Monday, August 31, 2009

Dream of Cognac Boots


I'm a little jumpy today. Money is on my mind. I have not so much at the moment. I'm down to $99.72 in checking and $5.73 in savings. I filed for unemployment again a couple weeks ago. I know that I qualify but it seems that my online application was lost. It might be awhile until the issue is resolved. With my husband's help, I'll juggle it somehow but I'm so over scraping by.



It helps to see the actual dollar amounts in my accounts. It's easy for me to get lost in a fog of financial denial. I spent 10 minutes looking at boots on Zappos this morning. It was cold, felt a little like fall for the first time this year. Made me think about brown boots. These babies in cognac are the frontrunners, on sale for a mere $92.80 (hey, I think I have just enough). I forced myself to close the laptop and walk away.

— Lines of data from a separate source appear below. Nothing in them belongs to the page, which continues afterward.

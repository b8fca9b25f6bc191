//! Shows that sessions run side by side, and the ticker beside them: a source waits for what others were answered.
//!
//! Guarantees: it is safe and ends, whatever the sessions come to.
//! Leaves to others: what a run promises (`service`), and what each session and the ticker do (`session_threads`).
#![tactic(auto)]

mod cases;
mod edges;
mod runs;

use cases::say_all;
use std::process::ExitCode;

fn main(rt: HostRuntime) -> ExitCode {
    let mut out = String::new(rt.alloc());
    if say_all(&rt, rt.alloc(), &mut out).is_err() {
        return ExitCode::from(9);
    }
    match print!(rt; "{out}") {
        Ok(()) => ExitCode::from(0),
        Err(_) => ExitCode::from(1),
    }
}
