//! Whole runs from bytes to bytes: `run_text` reads a log in windows, which `bohm_read_ahead`
//! parses ahead, and runs each as `bohm_apply` does.
#![tactic(auto)]

mod answering;
mod chunks;
pub mod laws;
mod streaming;

pub use answering::{read_log, run_text, run_text_in_windows, window_size};
pub use bohm_answer::{
    LONGEST_TEXT, RunFault, print_fault, read_all, write_all, write_bytes, write_fault,
};
pub use bohm_apply::{
    Answer, Applied, Executors, Kept, LARGEST_BATCH, Line, MOST_KEPT, MOST_PARTS, MOST_WORKERS,
    PlanNote, PlanReceiver, PlanSender, Planners, SerialExecutor, Settings, apply, plan_line, run,
    run_in_order,
};
pub use bohm_place::{ByteSum, Cuts};
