//! Laws over the definitions alone, for the proofs of callers.

ghost use Rattle.std.specs.Prelude.{◌≡◌, ℕ, List, Option, Some};
ghost use Rattle.bohm_answer.specs.declared.fault.RunFault.{RunFault};
ghost use Rattle.bohm_run.specs.Agreeing.{AskTheSame, IsOfTheLog, WriteTheSame};
ghost use Rattle.bohm_run.specs.Headline.{Answers, Refuses};
ghost use Rattle.bohm_settings.specs.Given.{Given};

/// Two runs on the same bytes that keep as many timestamps readable and request the same one,
/// whatever their workers, partitions and batches: two answers are the same bytes, two refusals
/// that are no failed read, write or allocation are the same, and none occurs beside an answer.
pub fn one_answer()
    ensures answer { (one other : Given) (text : List ℕ) (u v w w' x x' : Option (List ℕ))
        → AskTheSame one other → Answers one (Some text) u w w'
        → Answers other (Some text) v x x' → WriteTheSame w w' x x' }
    ensures refusal { (one other : Given) (text : List ℕ) (u v w w' x x' : Option (List ℕ))
        (e f : RunFault) → AskTheSame one other → IsOfTheLog e → IsOfTheLog f
        → Refuses one (Some text) u w w' e → Refuses other (Some text) v x x' f → e ≡ f }
    ensures either { (one other : Given) (text : List ℕ) (u v w w' x x' : Option (List ℕ))
        (f : RunFault) → AskTheSame one other → IsOfTheLog f → Answers one (Some text) u w w'
        → ¬ Refuses other (Some text) v x x' f }
{}
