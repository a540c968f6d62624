//! Chunks of a log that run one after another.

ghost use Rattle.std.specs.Prelude.{◌≡◌, ◌+◌, ◌≤◌, All, length, IfOk, OnOk, None};
ghost use Rattle.std.specs.List.{sum};
ghost use Rattle.bohm_txn.specs.Faulty.{IsWellFormedTxn};
ghost use Rattle.bohm_txn.specs.Chunked.{store_fault};
ghost use Rattle.bohm_txn.specs.Stores.{cell_in, store_of};
ghost use Rattle.bohm_store.specs.Versions.{past};
ghost use Rattle.bohm_place.specs.Cuttings.{ArePlans};
ghost use Rattle.bohm_apply.specs.Runs.{cutting_behind};
ghost use Rattle.bohm_run.specs.Chunks.{IsNext, IsPartRun, IsStarted, RunsNext};

use bohm_apply::{Executor, ScratchPool, SerialExecutor, Settings};
use bohm_exec::OpenGate;
use bohm_hints::IndexHints;
use bohm_log::{DrawnSeed, LogPart};
use bohm_place::{CutLog, Cuts, Plan};
use bohm_read_ahead::{CheckedChunk, Prepared, counted};
use bohm_store::History;
use bohm_text::ReplyText;
use bohm_txn::{CheckFault, check_store};
use bohm_types::{Key, MOST_TXNS, NoMemory, Value};
use std::alloc::Global;
use std::mem;
use std::thread::Threads;

/// How far a log has been checked and run.
#[derive(Drop)]
pub(crate) struct RunState {
    pub(crate) history: History,
    /// The text of the replies so far.
    pub(crate) text: ReplyText,
    pub(crate) executor: Executor,
    pub(crate) serial: SerialExecutor,
    /// The number of transactions so far, exact up to the most that a log may have.
    pub(crate) count: usize,
    /// The fault of the starting store.
    pub(crate) in_store: Option<CheckFault>,
    /// The first fault so far. After a fault nothing runs.
    pub(crate) fault: Option<CheckFault>,
}

/// The history of a store, or of the empty store if the store has a fault. If `shares` is set, logs
/// can share the names of the store's keys.
fn open_history(
    alloc: Global,
    seed: DrawnSeed,
    store: &[(Key, Value)],
    in_store: Option<CheckFault>,
    shares: bool,
) -> Result<History, NoMemory>
    requires { in_store ≡ store_fault store.now }
    ensures top { IfOk result (λ h. h.top ≡ 0) }
    ensures floor { IfOk result (λ h. h.floor ≡ 0) }
    ensures past { in_store ≡ None → IfOk result (λ h. past h 0 ≡ cell_in (store_of store.now)) }
{
    match in_store {
        Some(_) => Ok(History::empty(alloc)),
        None if shares => History::restore_sharing(alloc, store, 0, seed),
        None => History::open_with_seed(alloc, store, seed),
    }
}

impl RunState {
    /// The state before the first transaction, over this starting store. If `shares` is set, logs
    /// can share the names of its keys.
    pub(crate) fn start(
        alloc: Global,
        seed: DrawnSeed,
        store: Vec<(Key, Value)>,
        settings: Settings,
        shares: bool,
    ) -> Result<RunState, NoMemory>
        ensures { IfOk result (IsStarted settings.keep store.items) }
    {
        let in_store = check_store(store.as_slice());
        Ok(RunState {
            history: open_history(alloc, seed, store.as_slice(), in_store, shares)?,
            text: ReplyText::new(alloc),
            executor: Executor {
                pool: ScratchPool::new(alloc, settings.exec())?,
                hints: IndexHints::new(alloc),
                keep: settings.keep().timestamps(),
            },
            serial: SerialExecutor::new(alloc)?,
            count: 0,
            in_store,
            fault: in_store,
        })
    }
}

/// Runs transactions in log order, and appends the text of their replies. The hints are those of
/// the transactions' log.
fn run_to_text(
    serial: &mut SerialExecutor,
    history: &mut History,
    text: &mut ReplyText,
    txns: &LogPart<'_>,
    hints: &mut IndexHints,
    keep: u32,
) -> Result<(), NoMemory>
    requires few { history.old.top + length txns.now ≤ MOST_TXNS }
    requires formed { All IsWellFormedTxn txns.now }
    ensures { OnOk result (IsPartRun history.old history.new txns.now keep (history.old.top + 1)
        text.old text.new) }
{
    // Its contract says that the floor isn't above the top, as `run` requires.
    let _ = history.top();
    serial.run(history, text, txns, hints, keep)?;
    Ok(())
}

/// Runs the transactions after the history's top by the plans of their batches, and appends the
/// text of their replies. The hints are those of the transactions' log.
fn run_planned_to_text<T: Threads + Sync>(
    rt: &T,
    alloc: Global,
    history: &mut History,
    text: &mut ReplyText,
    executor: &mut Executor,
    txns: &LogPart<'_>,
    hints: &mut IndexHints,
    cuts: &Cuts,
    plans: Vec<Plan>,
) -> Result<(), NoMemory>
    requires total { sum cuts.now ≡ length txns.now }
    requires few { history.old.top + length txns.now ≤ MOST_TXNS }
    requires formed { All IsWellFormedTxn txns.now }
    requires plans { ArePlans (cutting_behind history.old txns.now cuts.now) plans.items }
    ensures keep { executor.new.keep ≡ executor.old.keep }
    ensures run { OnOk result (IsPartRun history.old history.new txns.entry.now executor.old.keep
        (history.old.top + 1) text.old text.new) }
{
    let log = CutLog::new(history.top() + 1, txns, cuts);
    // The executor takes the hints of this log, since each log numbers its keys itself.
    mem::swap(&mut executor.hints, hints);
    executor.run_planned(rt, alloc, history, text, log, plans, &OpenGate)?;
    mem::swap(&mut executor.hints, hints);
    Ok(())
}

/// Runs the next chunk, if the log has no fault so far and not too many transactions. The plans of
/// the chunk are consumed.
pub(crate) fn run_chunk<T: Threads + Sync>(
    rt: &T,
    alloc: Global,
    state: &mut RunState,
    chunk: &mut CheckedChunk,
) -> Result<(), NoMemory>
    requires { IsNext state.old chunk.old }
    ensures { OnOk result (RunsNext chunk.old state.old state.new) }
{
    let log = chunk.log.part();
    state.count = counted(chunk.count, log.len());
    if state.fault.is_some() {
        return Ok(());
    }
    match mem::replace(&mut chunk.prepared, Prepared::Ready) {
        Prepared::Faulty(fault) => {
            state.fault = Some(fault);
            Ok(())
        }
        Prepared::TooMany => Ok(()),
        Prepared::Ready => run_to_text(
            &mut state.serial,
            &mut state.history,
            &mut state.text,
            &log,
            &mut chunk.hints,
            state.executor.keep,
        ),
        Prepared::Planned { cuts, plans } => run_planned_to_text(
            rt,
            alloc,
            &mut state.history,
            &mut state.text,
            &mut state.executor,
            &log,
            &mut chunk.hints,
            &cuts,
            plans,
        ),
    }
}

I've made some mistakes over the last couple years, incurred a little debt. I've gotten out of debt before but have just been treading water on my situation for the last several months. I feel a great amount of motivation to try a new endeavor. Talking over a couple ideas for something commercial with my brother . . . maybe a blog. Lucky for me, he's a software engineer and he's willing and ready to help but I'm hesitant. Seriously never doubted myself in the career sector. Now, I'm a specialist in career self-doubt.



But it's not an unusual situation in this day of foreclosures and unemployment extensions. Got to set the stress aside so I can think it through. Can't sit still any longer to write though. Need to keep moving. Helps me think.